So, we're covering the always-popular topic of slavery in the U.S., and the TA mentioned branding.
The subject of the print Branding Slaves, shown above, was rare in that it portrayed an atrocity. Abolition, in 1845, was still a controversial topic in America. This print, however, was popular because it side-stepped the moral issues and showed the system at its most brutal, and was therefore condemnable by all. Note some of the details in the print: Detail of the print showing groups of slaves in coffles and a slave being taken from a friend. the fear and horror on the face of the African prisoner, contrasted with the bored expressions of the slavers; the bullwhip lying on the ground behind the right-hand slaver; the pistol stuck into the sash of the man with the branding iron; the smoke from the branding iron as it sears the African man's flesh; groups of slaves in coffles, in the left background; and near that a slave being torn from the grasp of a friend or family member. These are all images designed to arouse disgust and revulsion against the most violent aspects of slavery. Not addressed, however, are the moral issues which were central to the actual debates over the institution at the time.

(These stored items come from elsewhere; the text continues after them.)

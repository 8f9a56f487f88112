// Runs cases from stdin, one to a line, and prints what the checker of rings and the whole call answer.
//   ring HEX HEX    the file of a table, and the bytes of a ring
//   whole HEX       the file of a table: `tree`, `ground` if the ring that was found is accepted by the checker, else what went wrong
// crates/cases runs these cases too, and prints the answers by itself: no library can share that, since no contract speaks of what is printed, and lent memory stands in the frame of its caller.
#![tactic(auto)]

use anyhow::bail;
use grounds::checking::verify_ring;
use grounds::notebook::Notebook;
use grounds::outcome::Outcome;
use grounds::verdict::NoClash;
use grounds::whole::seriate;
use hex::FromHexError;
use std::alloc::Global;
use tables::refusal::Refusal;
use trees::rows::Rows;

// The bytes that two digits of `0` to `9` and `a` to `f` each stand for. A pair with anything else in it, and what is left over, is passed over, so `-` stands for none.
// Each test program has these lines of its own: a library's function would need a contract and a test for it.
fn bytes_of(heap: Global, text: &str) -> Result<Vec<u8>, FromHexError> {
    let (pairs, _) = text.as_bytes().as_chunks::<2>();
    if pairs.iter().all(is_byte) {
        return hex::decode(heap, &text.as_bytes()[..2 * pairs.len()]);
    }
    let digits: Vec<u8> = pairs
        .iter()
        .filter(|pair| is_byte(*pair))
        .flat_map(|pair| *pair)
        .collect(heap)?;
    hex::decode(heap, digits.as_slice())
}

// Whether both are digits as they are written here.
fn is_byte(pair: &[u8; 2]) -> bool {
    pair.iter()
        .all(|digit| matches!(*digit, b'0'..=b'9' | b'a'..=b'f'))
}

fn print_verdict(rt: &HostRuntime, answer: Result<Option<NoClash>, Refusal>) -> anyhow::Result<()> {
    match answer {
        Ok(None) => println!(rt; "ground")?,
        Ok(Some(no_clash)) => println!(rt; "{no_clash}")?,
        Err(refusal) => println!(rt; "{refusal}")?,
    }
    Ok(())
}

// The whole call on a table, and the checker on the ring that it finds.
fn print_whole(rt: &HostRuntime, file: &[u8]) -> anyhow::Result<()> {
    let mut rows = Rows {
        parents: &mut [0; 127],
        sorts: &mut [0; 127],
        places: &mut [0; 127],
        sets: &mut [0; 127],
    };
    let mut notes = Notebook {
        depths: &mut [0; 4096],
        parents: &mut [0; 4096],
        queue: &mut [0; 4096],
    };
    let mut ring = [0; 8064];
    match seriate(file, &mut rows, &mut [0; 128], &mut notes, &mut ring) {
        Ok(Outcome::Tree { .. }) => println!(rt; "tree")?,
        Ok(Outcome::Ground { pairs }) => print_verdict(rt, verify_ring(file, &ring[..2 * pairs]))?,
        Err(refusal) => println!(rt; "{refusal}")?,
    }
    Ok(())
}

// One case by its words.
fn run_case(rt: &HostRuntime, words: &[&str]) -> anyhow::Result<()> {
    let heap = rt.alloc();
    match words {
        ["ring", file, ring] => {
            let file = bytes_of(heap, file)?;
            let ring = bytes_of(heap, ring)?;
            print_verdict(rt, verify_ring(file.as_slice(), ring.as_slice()))
        }
        ["whole", file] => print_whole(rt, bytes_of(heap, file)?.as_slice()),
        _ => bail!("a line that is no case"),
    }
}

fn main(rt: HostRuntime) -> anyhow::Result<()> {
    for line in rt.lines(rt.alloc()) {
        let line = line?;
        let words: Vec<&str> = line.as_str().split(' ').collect(rt.alloc())?;
        run_case(&rt, words.as_slice())?;
    }
    Ok(())
}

The official class dumbass whiteboy -- Hanne, Nina, Neo, Garrity and anyone else who attended a Midwestern university would recognize the type immediately by the baseball cap, frat t-/sweatshirt and constant sneer -- says that he heard some black fraternities brand members.
The room went quiet and still.
And then the TA asked, "Ok, does anyone want to explain to Brad why he's going to get his ass kicked after class?"

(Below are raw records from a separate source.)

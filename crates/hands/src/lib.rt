// Hands. A hand is a number whose bit c is set when it holds the card c.

#![tactic(auto)]

ghost use Rattle.std.specs.Prelude.{◌≡◌, ◌+◌, ◌<◌, ◌≤◌};
ghost use Rattle.cards.specs.Chairs.{code};
ghost use Rattle.cards.specs.Hands.{dealt};
ghost use Rattle.hands.specs.Hands.{is_void, lowest, lowest_from, lowest_of, remaining, without};
ghost use Rattle.hands.specs.Laws.{Deals, Lowest, Remains};

use cards::chairs::Chair;
use cards::hands;
use cards::hands::holds;
use cards::suits::Suit;

// The thirteen cards of the lowest suit.
const CLUBS: u64 = 0x1fff;

// The hand that a deal gives a chair: byte c of the deal names the chair that gets the card c. It asks
// crate cards, and adds the law of what is dealt, whose proof each of that crate's edits would repeat.
pub fn dealt(deal: &[u8; 52], chair: Chair) -> u64
    ensures hand { result ≡ dealt deal.now (code chair) }
    ensures deals { Deals }
{
    hands::dealt(deal, chair)
}

// The hand without the card.
pub fn without(hand: u64, card: u8) -> u64
    ensures hand { result ≡ without hand card }
{
    if holds(hand, card) {
        hand - (1 << card)
    } else {
        hand
    }
}

// What remains of a hand when the cards are gone.
pub fn remaining(hand: u64, cards: &[u8]) -> u64
    ensures hand { result ≡ remaining hand cards.now }
    ensures remains { Remains }
{
    cards.iter().fold(hand, |left, card| without(left, *card))
}

// Does the hand hold no card of the suit?
pub fn is_void(hand: u64, suit: Suit) -> bool
    ensures void { result ≡ is_void hand suit }
{
    (hand >> (13 * u8::from(suit))) & CLUBS == 0
}

// The lowest card that the hand holds among so many from one on.
fn lowest_from(hand: u64, first: u8, cards: u8) -> Option<u8>
    requires within { first + cards ≤ 64 }
    requires shift { first < 64 }
    ensures card { result ≡ lowest_from hand first cards }
{
    // A search from card to card may be unrolled into hundreds of steps where it is called.
    let lacked = (hand >> first).trailing_zeros() as u8;
    (lacked < cards).then_some(first + lacked)
}

// The lowest card of a hand, by its number.
pub fn lowest(hand: u64) -> Option<u8>
    ensures card { result ≡ lowest hand }
    ensures lowest { Lowest }
{
    lowest_from(hand, 0, 52)
}

// The lowest card of a hand in a suit.
pub fn lowest_of(hand: u64, suit: Suit) -> Option<u8>
    ensures card { result ≡ lowest_of hand suit }
{
    lowest_from(hand, 13 * u8::from(suit), 13)
}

Someone put in, "Because there's a difference between a voluntary act and an involuntary one?"
Another person suggested, "Because brands aren't required of members?"
"Because he's a dumbass whiteboy?" someone chimed in.
"Hawkins, you're not helping," sighed the TA.
Another time me, Kat McNiece and Jonny Jackson (if I remember right) were walking across Wright Street, and saw a new or not very used car with a bow on top sitting outside a sorority house, with a cheerful-looking whitegirl -- Brad's girlfriend/prom date/ acquaintance rape prey, probably -- and her adoring parents standing nearby.
We looked at each other and waited for someone to point out that violence is not the answer.
I had to serve as the voice of reason. Any situation where I'm the voice of reason is utterly, hopelessly fucked.
In retrospect, knowing the bitch probably grew up to be a warblogger, my objections at the time were foolish. Should'a stomped the lot 'em into the ground.
I'm having a good day, can you tell?